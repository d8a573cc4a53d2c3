// The widest type of numbers.

ghost use Rattle.std.specs.Prelude.{◌≡◌};
ghost use Rattle.typed_calls.specs.Widths as spec;

use builtin_table::{Builtin, MathMethod};
use static_types::Primitive;
use typed_operations::{Sort, sort_of, type_of_number, wider};
use typed_program::Number;
use typed_values::Typed;

// The type of a number; `null` counts as an Integer.
fn number_in(sort: Sort) -> Number
    ensures { result ≡ spec.number_in sort }
{
    match sort {
        Sort::Primitive(Primitive::Long) => Number::Long,
        Sort::Primitive(Primitive::Decimal) => Number::Decimal,
        _ => Number::Integer,
    }
}

fn widest_number(args: &[Typed]) -> Number
    ensures { result ≡ spec.widest_from Number.Integer args.now }
{
    let mut most = Number::Integer;
    for arg in args {
        most = wider(most, number_in(sort_of(&arg.kind)));
    }
    most
}

/// The widest type of the numbers among arguments.
pub fn widest(args: &[Typed]) -> Primitive
    ensures { result ≡ spec.widest args.now }
{
    type_of_number(widest_number(args))
}

fn absolute(p: Primitive) -> Builtin
    ensures { result ≡ spec.absolute p }
{
    match p {
        Primitive::Integer => Builtin::Math(MathMethod::AbsInteger),
        _ => Builtin::Math(MathMethod::Abs),
    }
}

/// The method on numbers of this type.
pub fn on_numbers(builtin: Builtin, p: Primitive) -> Builtin
    ensures { result ≡ spec.on_numbers builtin p }
{
    match builtin {
        Builtin::Math(MathMethod::Abs) => absolute(p),
        builtin => builtin,
    }
}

▶ _GOAL OF THE EXERCISE_:
Each line above that contains "specs" counts once; report the total of such lines and nothing more.

▶ _RESPONSE TO THIS TASK_:
2